[Opening Available records section]
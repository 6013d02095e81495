ghost use Rattle.std.specs.Prelude.{◌≡◌, IfOk, IfSome, false, map, string_bytes};
ghost use Rattle.clap.specs.Words.{app_of, found_of, rule_of};
ghost use Rattle.program_words.specs.Lines.{ServerSays, found_in, given_by, perhaps_placed, server_program};

use crate::fault::WordsFault;
use crate::options::{fault_of, is_address, optional, workers_of};
use clap::{Arg, ArgAction, ArgMatches, Command};
use release::{VERSION, versioned};
use std::alloc::{AllocError, Global};

/// What the server's command line asks for.
#[derive(Clone, Copy, Debug)]
pub enum ServerWords<'a> {
    /// To serve the station of the file at this path.
    Station(&'a str),
    /// To check that file alone.
    Check(&'a str),
    /// To serve an entity by the lines of the standard input.
    Entity(EntityWords<'a>),
}

/// The entity that a command line starts without a station's file.
#[derive(Clone, Copy, Debug)]
pub struct EntityWords<'a> {
    /// The path of the configuration's file.
    pub config: &'a str,
    /// The address that the server listens at: `A.B.C.D:PORT`.
    pub bind: &'a str,
    /// The folder for received files.
    pub folder: &'a str,
    /// How many workers bring datagrams to their lanes: 1 to 16.
    pub workers: u64,
}

const HELP: &str = "Receives and sends files by CFDP over UDP, as one entity.

Usage: cfdp_server STATION
       cfdp_server --check FILE
       cfdp_server --config FILE --bind ADDR --folder DIR [--workers N]

  STATION         the station's file, in TOML: it says where the station listens, where files are
                  kept, and where clients command it. The server takes what users receive,
                  reports it as events, and counts it
  --check FILE    reads a station's file or an entity's configuration, prints `ok` or what is
                  wrong with it, and ends
  --config FILE   the configuration of the entity, in TOML; commands come from standard input
  --bind ADDR     where it listens: A.B.C.D:PORT, all in decimal
  --folder DIR    where received files are kept
  --workers N     threads that take datagrams, 1 to 16 (default: 4)
  --help          prints this, and ends
  --version       prints the version, and ends

Commands, one on each line, over the station's socket or on standard input:
  put USER LANE CLASS DEST SRC DST [closure]
  send USER CLASS DEST SRC DST [closure] [urgent] [as NAME]
  outbox
  drop NUMBER
  hold|release ID|all
  release ID SECONDS
  rate [ID] N|off
  cancel|suspend|resume|report|abandon USER SOURCE SEQ
  take USER
  trace SOURCE SEQ
  journal SOURCE SEQ
  status
  reopen
  quit
Only over the socket:
  follow [N] [detail|info|warning]
";

/// What `--help` of the server prints.
pub fn server_help() -> &'static str {
    HELP
}

/// What `--version` of the server prints.
pub fn server_version() -> &'static str {
    versioned!("cfdp_server ", "\n")
}

// A positional word that may be absent.
fn word<'a>(alloc: Global, name: &'static str) -> Arg<'a>
    ensures rule { rule_of result ≡ perhaps_placed name.entry.now }
    ensures local { result.global ≡ false }
{
    Arg::new(alloc, name).action(ArgAction::Set)
}

// The options and the word of the server.
pub(crate) fn command<'a>(alloc: Global) -> Result<Command<'a>, AllocError>
    ensures { IfOk result (λ command. app_of command ≡ server_program) }
{
    let command = Command::new(alloc, "cfdp_server")
        .version(VERSION)
        .arg(optional(alloc, "config"))?
        .arg(optional(alloc, "bind"))?
        .arg(optional(alloc, "folder"))?
        .arg(optional(alloc, "workers"))?
        .arg(optional(alloc, "check"))?
        .arg(word(alloc, "station"))?;
    Ok(command)
}

/// The words that the matches of a command line give.
pub(crate) fn words_in<'a>(matches: &ArgMatches<'a>) -> Option<ServerWords<'a>>
    ensures { IfSome result (λ words. ServerSays (found_in (found_of matches.now)) words) }
{
    let (config, bind) = (matches.get_str("config"), matches.get_str("bind"));
    let (folder, workers) = (matches.get_str("folder"), matches.get_str("workers"));
    let (check, station) = (matches.get_str("check"), matches.get_str("station"));
    match (config, bind, folder, workers, check, station) {
        (None, None, None, None, None, Some(path)) => Some(ServerWords::Station(path)),
        (None, None, None, None, Some(path), None) => Some(ServerWords::Check(path)),
        (Some(config), Some(bind), Some(folder), _, None, None) => {
            let workers = workers_of(workers)?;
            if !is_address(bind) || folder.is_empty() {
                return None;
            }
            Some(ServerWords::Entity(EntityWords {
                config,
                bind,
                folder,
                workers,
            }))
        }
        _ => None,
    }
}

// Parses a line with the program's options.
fn words_by<'a>(command: Command<'a>, line: &'a [String]) -> Result<ServerWords<'a>, WordsFault>
    requires { app_of command ≡ server_program }
    ensures { IfOk result (λ words. ServerSays (given_by server_program (map string_bytes line.entry.now)) words) }
{
    match command.try_get_matches_from(line) {
        Ok(matches) => words_in(&matches).ok_or(WordsFault::Usage),
        Err(error) => Err(fault_of(&error)),
    }
}

/// Parses a command line of the server; its first word is the program's own name.
pub fn server_words<'a>(alloc: Global, line: &'a [String]) -> Result<ServerWords<'a>, WordsFault>
    ensures { IfOk result (λ words. ServerSays (given_by server_program (map string_bytes line.entry.now)) words) }
{
    match command(alloc) {
        Ok(command) => words_by(command, line),
        Err(AllocError) => Err(WordsFault::NoMemory),
    }
}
[Closing Available records section]
# [The task]
Each line from the first line of the listing through the line with "reports it as" must be output exactly, both ends included, and no other line may appear.

# [Response to the task]
repository 6013d02095e81495
ghost use Rattle.std.specs.Prelude.{◌≡◌, IfOk, IfSome, false, map, string_bytes};
ghost use Rattle.clap.specs.Words.{app_of, found_of, rule_of};
ghost use Rattle.program_words.specs.Lines.{ServerSays, found_in, given_by, perhaps_placed, server_program};

use crate::fault::WordsFault;
use crate::options::{fault_of, is_address, optional, workers_of};
use clap::{Arg, ArgAction, ArgMatches, Command};
use release::{VERSION, versioned};
use std::alloc::{AllocError, Global};

/// What the server's command line asks for.
#[derive(Clone, Copy, Debug)]
pub enum ServerWords<'a> {
    /// To serve the station of the file at this path.
    Station(&'a str),
    /// To check that file alone.
    Check(&'a str),
    /// To serve an entity by the lines of the standard input.
    Entity(EntityWords<'a>),
}

/// The entity that a command line starts without a station's file.
#[derive(Clone, Copy, Debug)]
pub struct EntityWords<'a> {
    /// The path of the configuration's file.
    pub config: &'a str,
    /// The address that the server listens at: `A.B.C.D:PORT`.
    pub bind: &'a str,
    /// The folder for received files.
    pub folder: &'a str,
    /// How many workers bring datagrams to their lanes: 1 to 16.
    pub workers: u64,
}

const HELP: &str = "Receives and sends files by CFDP over UDP, as one entity.

Usage: cfdp_server STATION
       cfdp_server --check FILE
       cfdp_server --config FILE --bind ADDR --folder DIR [--workers N]

  STATION         the station's file, in TOML: it says where the station listens, where files are
                  kept, and where clients command it. The server takes what users receive,
                  reports it as events, and counts it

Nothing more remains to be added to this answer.